**WHAT YOU ARE ASKED TO DO**
When a line in the listing below contains the word "struct", return a copy of that line.

── DATA EXTRACT ──

//! Pages over HTTP, which are shown part by part.
use crate::guest::Speech;
use crate::scenes::{Left, Look, look_behind_new, world};
use crate::wire::{Spell, Trouble};
use office_core::OfficeError;
use office_plays::steps::Happens::{self, Load};
use office_plays::steps::push;
use poll_book::MemKeeper;
use std::test::Fail;
use telling::{Trial, twice};

/// The points, each with its last reading.
const POINTS: &str =
    "HTTP/1.1 200 OK\r\nContent-Type: application/json\r\nConnection: close\r\n\r\n\
    {\"points\":[\
    {\"device\":\"m1\",\"last\":{\"slot\":101,\"time\":\"1970-01-01T00:08:25Z\",\"value\":\"3\",\"void\":false},\
    \"name\":\"e\",\"role\":\"counter\",\"total\":\"3\"},\
    {\"device\":\"m1\",\"last\":{\"slot\":101,\"time\":\"1970-01-01T00:08:25Z\",\"value\":\"0\",\"void\":false},\
    \"name\":\"lim\",\"role\":\"setting\",\"total\":null},\
    {\"device\":\"m2\",\"last\":{\"slot\":101,\"time\":\"1970-01-01T00:08:25Z\",\"value\":\"3\",\"void\":false},\
    \"name\":\"f\",\"role\":\"gauge\",\"total\":null}]}\n";

/// What two lines and three points came to in two slots.
const METRICS: &str = "HTTP/1.1 200 OK\r\n\
    Content-Type: application/openmetrics-text; version=1.0.0; charset=utf-8\r\n\
    Connection: close\r\n\
    \r\n\
    # TYPE kimjolde_line_up gauge\n\
    # HELP kimjolde_line_up Whether the line is up.\n\
    kimjolde_line_up{line=\"roof\"} 1\n\
    kimjolde_line_up{line=\"cellar\"} 1\n\
    # TYPE kimjolde_line_rounds counter\n\
    # HELP kimjolde_line_rounds Rounds that ended uncut, with or without the readings of a silent device.\n\
    kimjolde_line_rounds_total{line=\"roof\"} 2\n\
    kimjolde_line_rounds_total{line=\"cellar\"} 2\n\
    # TYPE kimjolde_line_rounds_cut counter\n\
    # HELP kimjolde_line_rounds_cut Rounds that were cut.\n\
    kimjolde_line_rounds_cut_total{line=\"roof\"} 0\n\
    kimjolde_line_rounds_cut_total{line=\"cellar\"} 0\n\
    # TYPE kimjolde_line_queries counter\n\
    # HELP kimjolde_line_queries Queries that were sent.\n\
    kimjolde_line_queries_total{line=\"roof\"} 2\n\
    kimjolde_line_queries_total{line=\"cellar\"} 2\n\
    # TYPE kimjolde_line_readings counter\n\
    # HELP kimjolde_line_readings Readings that were recorded.\n\
    kimjolde_line_readings_total{line=\"roof\"} 4\n\
    kimjolde_line_readings_total{line=\"cellar\"} 2\n\
    # TYPE kimjolde_line_exceptions counter\n\
    # HELP kimjolde_line_exceptions Queries that were answered by an exception.\n\
    kimjolde_line_exceptions_total{line=\"roof\"} 0\n\
    kimjolde_line_exceptions_total{line=\"cellar\"} 0\n\
    # TYPE kimjolde_line_refused_frames counter\n\
    # HELP kimjolde_line_refused_frames Frames that were refused, since they answered no query.\n\
    kimjolde_line_refused_frames_total{line=\"roof\"} 0\n\
    kimjolde_line_refused_frames_total{line=\"cellar\"} 0\n\
    # TYPE kimjolde_line_last_round_seconds gauge\n\
    # UNIT kimjolde_line_last_round_seconds seconds\n\
    # HELP kimjolde_line_last_round_seconds How long the last round that ended uncut took.\n\
    kimjolde_line_last_round_seconds{line=\"roof\"} 0.000\n\
    kimjolde_line_last_round_seconds{line=\"cellar\"} 0.000\n\
    # TYPE kimjolde_store_faults counter\n\
    # HELP kimjolde_store_faults Calls that the store refused.\n\
    kimjolde_store_faults_total 0\n\
    # TYPE kimjolde_point_value gauge\n\
    # HELP kimjolde_point_value The number of the last reading, with its scale.\n\
    kimjolde_point_value{device=\"m1\",point=\"e\"} 3\n\
    kimjolde_point_value{device=\"m1\",point=\"lim\"} 0\n\
    kimjolde_point_value{device=\"m2\",point=\"f\"} 3\n\
    # TYPE kimjolde_point_time_seconds gauge\n\
    # UNIT kimjolde_point_time_seconds seconds\n\
    # HELP kimjolde_point_time_seconds When the slot of the last reading began, since 1970.\n\
    kimjolde_point_time_seconds{device=\"m1\",point=\"e\"} 505\n\
    kimjolde_point_time_seconds{device=\"m1\",point=\"lim\"} 505\n\
    kimjolde_point_time_seconds{device=\"m2\",point=\"f\"} 505\n\
    # TYPE kimjolde_point_accumulated gauge\n\
    # HELP kimjolde_point_accumulated How far a counter went by its readings, with its scale.\n\
    kimjolde_point_accumulated{device=\"m1\",point=\"e\"} 3\n\
    # EOF\n";

/// A site of two devices has no third.
const NONE: &str =
    "HTTP/1.1 404 Not Found\r\nContent-Type: application/json\r\nContent-Length: 21\r\nConnection: close\r\n\r\n{\"error\":\"not found\"}";

/// What is asked for, and what is heard.
const ANSWERS: &[(&str, &str)] = &[
    ("GET /points HTTP/1.1\r\n\r\n", POINTS),
    ("GET /metrics HTTP/1.1\r\n\r\n", METRICS),
    ("GET /devices/2 HTTP/1.1\r\n\r\n", NONE),
];

/// Twenty points more, so that no part has all of them.
const MORE: &[Happens] = &[Load(
    "l2",
    "p0,m2,holding,40,uint16,,,gauge,\n\
    p1,m2,holding,40,uint16,,,gauge,\n\
    p2,m2,holding,40,uint16,,,gauge,\n\
    p3,m2,holding,40,uint16,,,gauge,\n\
    p4,m2,holding,40,uint16,,,gauge,\n\
    p5,m2,holding,40,uint16,,,gauge,\n\
    p6,m2,holding,40,uint16,,,gauge,\n\
    p7,m2,holding,40,uint16,,,gauge,\n\
    p8,m2,holding,40,uint16,,,gauge,\n\
    p9,m2,holding,40,uint16,,,gauge,\n\
    p10,m2,holding,40,uint16,,,gauge,\n\
    p11,m2,holding,40,uint16,,,gauge,\n\
    p12,m2,holding,40,uint16,,,gauge,\n\
    p13,m2,holding,40,uint16,,,gauge,\n\
    p14,m2,holding,40,uint16,,,gauge,\n\
    p15,m2,holding,40,uint16,,,gauge,\n\
    p16,m2,holding,40,uint16,,,gauge,\n\
    p17,m2,holding,40,uint16,,,gauge,\n\
    p18,m2,holding,40,uint16,,,gauge,\n\
    p19,m2,holding,40,uint16,,,gauge,\n",
)];

/// What is asked for, and what stands in the answer in this order.
const PAGES: &[(&str, &[&str])] = &[
    (
        "GET / HTTP/1.1\r\n\r\n",
        &[
            "HTTP/1.1 200 OK\r\nContent-Type: text/html; charset=utf-8\r\nConnection: close\r\n\r\n<!doctype html>\n",
            "roof",
            "cellar",
            "Orders that wait",
            ">m1<",
            ">e<",
            ">lim<",
            ">m2<",
            ">f<",
            "</body>\n</html>\n",
        ],
    ),
    (
        "GET /points HTTP/1.1\r\n\r\n",
        &[
            "HTTP/1.1 200 OK\r\nContent-Type: application/json\r\nConnection: close\r\n\r\n{\"points\":[{",
            "\"name\":\"e\"",
            "\"name\":\"lim\"",
            "\"name\":\"f\"",
            "\"name\":\"p0\"",
            "\"name\":\"p1\"",
            "\"name\":\"p2\"",
            "\"name\":\"p3\"",
            "\"name\":\"p4\"",
            "\"name\":\"p5\"",
            "\"name\":\"p6\"",
            "\"name\":\"p7\"",
            "\"name\":\"p8\"",
            "\"name\":\"p9\"",
            "\"name\":\"p10\"",
            "\"name\":\"p11\"",
            "\"name\":\"p12\"",
            "\"name\":\"p13\"",
            "\"name\":\"p14\"",
            "\"name\":\"p15\"",
            "\"name\":\"p16\"",
            "\"name\":\"p17\"",
            "\"name\":\"p18\"",
            "\"name\":\"p19\"",
            "}]}\n",
        ],
    ),
    (
        "GET /devices/1 HTTP/1.1\r\n\r\n",
        &[
            "HTTP/1.1 200 OK\r\nContent-Type: text/html; charset=utf-8\r\nConnection: close\r\n\r\n<!doctype html>\n",
            ">m2<",
            ">f<",
            "<svg",
            "</body>\n</html>\n",
        ],
    ),
];

/// The callers come at this millisecond of the run, in slot 101.
const COME: u64 = 4_000;

/// Each heard its answer at once.
struct Answered;

impl Look<MemKeeper> for Answered {
    fn look(&self, trial: &Trial<'_>, left: &mut Left<MemKeeper>) -> Result<(), OfficeError> {
        for (guest, (_, answer)) in left.world.guests.all.iter().zip(ANSWERS) {
            trial.told(&"heard", &guest.heard.as_slice(), &answer.as_bytes());
            trial.told(&"gone", &guest.gone, &Some(COME));
        }
        Ok(())
    }
}

fn told_whole(trial: &Trial<'_>) -> Result<(), OfficeError> {
    let mut speeches = Vec::new(trial.alloc());
    for (request, _) in ANSWERS {
        push(&mut speeches, Speech::at_once(COME, request))?;
    }
    let world = world(trial.alloc(), 12_000, &[], &speeches)?;
    look_behind_new(trial, &[], world, &Answered)
}

#[test]
fn points_and_metrics_are_told(rt: HostRuntime) -> Result<(), Fail> {
    Ok(twice!(rt, told_whole)?)
}

/// The text behind the first of each of these, one behind the other, and nothing where one lacks.
fn behind<'t>(text: &'t str, parts: &[&str]) -> Option<&'t str> {
    let mut left = text;
    for part in parts {
        let (_, rest) = left.split_once(*part)?;
        left = rest;
    }
    Some(left)
}

/// Each was shown its page at once.
struct Shown;

impl Look<MemKeeper> for Shown {
    fn look(&self, trial: &Trial<'_>, left: &mut Left<MemKeeper>) -> Result<(), OfficeError> {
        for (guest, (_, parts)) in left.world.guests.all.iter().zip(PAGES) {
            let heard = str::from_utf8(guest.heard.as_slice()).unwrap_or("no text");
            trial.told(&"behind the page", &behind(heard, parts), &Some(""));
            trial.told(&"gone", &guest.gone, &Some(COME));
        }
        Ok(())
    }
}

fn told_in_parts(trial: &Trial<'_>) -> Result<(), OfficeError> {
    let mut speeches = Vec::new(trial.alloc());
    for (request, _) in PAGES {
        push(&mut speeches, Speech::at_once(COME, request))?;
    }
    let world = world(trial.alloc(), 12_000, &[], &speeches)?;
    look_behind_new(trial, MORE, world, &Shown)
}

#[test]
fn pages_are_shown_part_by_part(rt: HostRuntime) -> Result<(), Fail> {
    Ok(twice!(rt, told_in_parts)?)
}

/// The cellar's round of slot 101 is cut as its connection ends, and begun again. Then the connection ends once more,
/// and nothing lacks in a round behind that.
const LOST_TWICE: &[Spell] = &[
    Spell {
        trouble: Trouble::Late(2_000),
        unit: None,
        from: 3_000,
        to: 4_000,
    },
    Spell {
        trouble: Trouble::Away,
        unit: None,
        from: 4_000,
        to: 4_500,
    },
    Spell {
        trouble: Trouble::Away,
        unit: None,
        from: 6_000,
        to: 6_500,
    },
];

const COUNTS: &[&str] = &[
    "kimjolde_line_rounds_total{line=\"cellar\"} 3\n",
    "kimjolde_line_rounds_cut_total{line=\"cellar\"} 1\n",
    "kimjolde_line_last_round_seconds{line=\"cellar\"} 0.000\n",
    "# EOF\n",
];

/// These counts were told.
struct Counted;

impl Look<MemKeeper> for Counted {
    fn look(&self, trial: &Trial<'_>, left: &mut Left<MemKeeper>) -> Result<(), OfficeError> {
        for guest in &left.world.guests.all {
            let heard = str::from_utf8(guest.heard.as_slice()).unwrap_or("no text");
            trial.told(&"behind the counts", &behind(heard, COUNTS), &Some(""));
        }
        Ok(())
    }
}

fn lost_twice(trial: &Trial<'_>) -> Result<(), OfficeError> {
    let speeches = [Speech::at_once(7_500, "GET /metrics HTTP/1.1\r\n\r\n")];
    let world = world(trial.alloc(), 12_000, LOST_TWICE, &speeches)?;
    look_behind_new(trial, &[], world, &Counted)
}

#[test]
fn each_round_is_counted_once_as_it_ended(rt: HostRuntime) -> Result<(), Fail> {
    Ok(twice!(rt, lost_twice)?)
}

───

**RESULT OF THE TASK**
struct Answered;
struct Shown;
struct Counted;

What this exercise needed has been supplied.